Mrs. Estel smiled as she glanced at Sally, to whom the faucet of the
water-cooler seemed a never-failing source of amusement. Ellen had put
a stop to her drinking, which she had been doing at intervals all the
morning, solely for the pleasure of seeing the water stream out when
she turned the stop-cock. Now she had taken a tidy spell. Holding her
bit of a handkerchief under the faucet long enough to get it dripping
wet, she scrubbed herself with the ice-water, until her cheeks shone
like rosy winter apples.
Then she smoothed the wet, elfish-looking hair out of her black eyes,
and proceeded to scrub such of the smaller children as could not
escape from her relentless grasp. Some submitted dumbly, and others
struggled under her vigorous application of the icy rag, but all she
attacked came out clean and shining.
Her dress was wringing wet in front, and the water was standing in
puddles around her feet, when the man who had them in charge came
through the car again. He whisked her impatiently into a seat, setting
her down hard. She made a saucy face behind his back, and began to
sing at the top of her voice.
One little tot had fallen and bumped its head as the train gave a
sudden lurch. It was crying pitifully, but in a subdued sort of
whimper, as if it felt that crying was of no use when nobody listened
and nobody cared. He picked it up, made a clumsy effort to comfort
it, and, not knowing what else to do, sat down beside it. Then for the
first time he noticed Mrs. Estel.
She had taken a pair of scissors from her travelling-bag, and had cut
several newspapers up into soldiers and dolls and all kinds of animals
for the crowd that clamored around her.
They were such restless little bodies, imprisoned so long on this
tedious journey, that anything with a suggestion of novelty was
welcome.
When she had supplied them with a whole regiment of soldiers and
enough animals to equip a menagerie, she took another paper and began
teaching them to fold it in curious ways to make boxes, and boats, and
baskets.
One by one they crowded up closer to her, watching her as if she were
some wonderful magician. They leaned their dusty heads against her
fresh gray travelling-dress. They touched her dainty gloves with
dirty, admiring fingers. They did not know that this was the first
time that she had ever come in close contact with such lives as
theirs.
They did not know that it was the remembrance of another child,--one
who awaited her home-coming,--a petted little princess born to purple
and fine linen, that made her so tender towards them. Remembering what
hers had, and all these lacked, she felt that she must crowd all the
brightness possible into the short afternoon they were together.

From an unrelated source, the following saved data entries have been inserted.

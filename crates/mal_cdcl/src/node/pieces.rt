//! The pieces of a step, for a search that chooses them itself.

ghost use Rattle.std.specs.Prelude.{◌≡◌, ◌+◌, ◌-◌, ◌≤◌, ◌<◌, ◌++◌, ◌∷◌, [], false, get_or, length, slice_get, Some, None};
ghost use Rattle.mal_base.specs.{Literals.{var_of}, declared.verdict.Verdict.TheVariants.{Satisfiable}};
ghost use Rattle.spec_node.specs.{Value.{has_value, level_of}, Adding.{forgetting}, Sound.{IsSound}};
ghost use Rattle.spec_learn.specs.{Learning.{analysis, derived_id, learned, line_of}, Refuting.{refuted}};
ghost use Rattle.spec_search.specs.Step.{decided};
ghost use Rattle.mal_cdcl.specs.{Sliced.{Keeps, IsShown, MayCount, HasLineRoom, IsLineLess}, Sourced.{analysis_from, line_from}, Uncounted.{uncounted}, Uniting.{united_at, line_at}};

use super::Node;
use crate::source::Source;
use mal_base::{ClauseId, Lit, Profile, TrailEntry, Var, Verdict};
use mal_learn::Scratch;
use mal_trail::{Listed, Trail};

impl<E: Listed> Node<E> {
    /// The trail.
    pub fn trail(&self) -> &Trail
        ensures entries { result.now.entries ≡ self.now.state.trail }
        ensures processed { result.now.processed ≡ self.now.state.processed }
    {
        &self.trail
    }

    /// What holds the clauses.
    pub fn engine(&self) -> &E
        ensures { E.clauses result.now ≡ self.now.state.clauses }
    {
        &self.engine
    }

    /// The conflict that waits, if there is one.
    pub fn conflict(&self) -> Option<ClauseId>
        ensures { result ≡ self.now.state.conflict }
    {
        self.conflict
    }

    /// The profile.
    pub fn profile(&self) -> Profile
        ensures { result ≡ self.now.state.profile }
    {
        self.profile
    }

    /// The assumptions.
    pub fn assumptions(&self) -> &[Lit]
        ensures { result.now ≡ self.now.state.assumptions }
    {
        self.assumptions.as_slice()
    }

    /// The number of the clause that is derived next.
    pub fn next_number(&self) -> ClauseId
        requires { MayCount self.now.state }
        ensures { result ≡ derived_id self.now.state }
    {
        ClauseId::derived(self.serial, self.index)
    }

    /// The phase of a variable: the sign of its literal that is decided.
    pub fn phase(&self, var: Var) -> bool
        requires { var ≤ self.now.state.variables }
        ensures { result ≡ get_or self.now.state.phases (var - 1) false }
    {
        self.phases[var.number() as usize - 1]
    }

    /// Makes a literal true, of a variable without a value, as a decision at a new level.
    pub fn decide_literal(&mut self, lit: Lit)
        requires within { var_of lit ≤ self.old.state.variables }
        requires free { has_value self.old.state.trail (var_of lit) ≡ false }
        requires handled { self.old.state.processed ≤ length self.old.state.trail + 1 }
        ensures state { self.new.state ≡ decided self.old.state lit }
        ensures keeps { Keeps 0 0 self.old self.new }
    {
        let level = self.trail.level() + 1;
        self.trail.push(lit, None, level);
    }

    /// Ends the search: the trail has a model.
    pub fn end_satisfiable(&mut self)
        ensures state { self.new.state ≡ record self.old.state { verdict = Some Satisfiable } }
        ensures keeps { Keeps 0 0 self.old self.new }
    {
        self.verdict = Some(Verdict::Satisfiable);
    }

    /// Gives up the clauses of these numbers, which are put in rising order. The trail stays.
    pub fn forget(&mut self, ids: &mut [ClauseId])
        ensures state { self.new.state ≡ record self.old.state { clauses = forgetting ids.old self.old.state.clauses } }
        ensures keeps { Keeps 0 0 self.old self.new }
    {
        self.engine.forget(ids);
    }

    /// Notes the line that was analysed, and holds its clause, the goal of the verdict: of a conflict at level 0 or a
    /// failed assumption.
    pub fn conclude(&mut self, source: &Source, scratch: &Scratch)
        requires sound { IsSound self.old.state }
        requires kept { IsSound (refuted (analysis_from source.now self.old.state).lits self.old.state) }
        requires shown { IsShown (analysis_from source.now self.old.state) scratch.now }
        requires counts { MayCount self.old.state }
        requires room { HasLineRoom (line_from source.now self.old.state) self.old }
        ensures state { self.new.state ≡ refuted (analysis_from source.now self.old.state).lits self.old.state }
        ensures lines { self.new.lines ≡ self.old.lines ++ line_from source.now self.old.state ∷ [] }
        ensures room { IsLineLess (line_from source.now self.old.state) self.old self.new }
    {
        let number = ClauseId::derived(self.serial, self.index);
        self.lines
            .push_reserved(number, scratch.clause(), scratch.hints());
        self.refute(number, scratch);
    }

    /// Notes the line that was analysed, and learns its clause from a conflict above level 0. The order of the variables
    /// stays, and nothing is counted.
    pub fn learn_unordered(&mut self, id: ClauseId, scratch: &Scratch)
        requires sound { IsSound self.old.state }
        requires conflict { self.old.state.conflict ≡ Some id }
        requires level { 0 < level_of self.old.state.trail }
        requires shown { IsShown (analysis id self.old.state) scratch.now }
        requires counts { MayCount self.old.state }
        requires room { HasLineRoom (line_of id self.old.state) self.old }
        ensures state { self.new.state ≡ uncounted self.old.state (learned id self.old.state) }
        ensures lines { self.new.lines ≡ self.old.lines ++ line_of id self.old.state ∷ [] }
        ensures room { IsLineLess (line_of id self.old.state) self.old self.new }
    {
        let number = ClauseId::derived(self.serial, self.index);
        self.lines
            .push_reserved(number, scratch.clause(), scratch.hints());
        self.teach(id, number, scratch);
    }

    /// Derives the literal of an entry of the trail as a clause of its own, along these hints, and makes that its reason.
    pub fn unite(&mut self, place: usize, entry: TrailEntry, hints: &[ClauseId])
        requires there { slice_get self.old.state.trail place ≡ Some entry }
        requires sound { IsSound self.old.state }
        requires kept { IsSound (united_at place entry self.old.state) }
        requires counts { MayCount self.old.state }
        requires room { HasLineRoom (line_at entry hints.now self.old.state) self.old }
        ensures state { self.new.state ≡ united_at place entry self.old.state }
        ensures lines { self.new.lines ≡ self.old.lines ++ line_at entry hints.now self.old.state ∷ [] }
        ensures room { IsLineLess (line_at entry hints.now self.old.state) self.old self.new }
    {
        let number = ClauseId::derived(self.serial, self.index);
        self.lines.push_reserved(number, &[entry.lit], hints);
        self.engine.learn(number, &[entry.lit], &self.trail);
        self.trail.set_reason(place, number);
        self.order.rewind();
        self.passed = 0;
        self.serial += 1;
    }
}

Every one of them, at some time in their poor bare lives, had known
what it was to be kindly spoken to by elegant ladies, to be
patronizingly smiled upon, to be graciously presented with gifts.
But this was different. This one took the little Hodge girl right up
in her lap while she was telling them stories. This one did not pick
out the pretty ones to talk to, as strangers generally did. It really
seemed that the most neglected and unattractive of them received the
most of her attention.
From time to time she glanced across at Robin's lovely face, and
contrasted it with the others. The older boy attracted her still more.
He seemed to be the only thoughtful one among them all. The others
remembered no past, looked forward to no future. When they were hungry
there was something to eat. When they were tired they could sleep, and
all the rest of the time there was somebody to play with. What more
could one want?
The child never stirred from his place, but she noticed that he made a
constant effort to entertain Robin. He told him stories and invented
little games. When the bundle came flying in through the window he
opened it with eager curiosity.
Grace had hurried into the village store as soon as the train stopped
and had bought the first toy she happened to see. It was a black
dancing bear, worked by a tiny crank hidden under the bar on which it
stood. Robin's pleasure was unbounded, and his shrieks of delight
brought all the children flocking around him.
"More dancin', Big Brother," he would insist, when the animal paused.
"Robin wants to see more dancin'."
So patient little "Big Brother" kept on turning the crank, long after
every one save Robin was tired of the black bear's antics.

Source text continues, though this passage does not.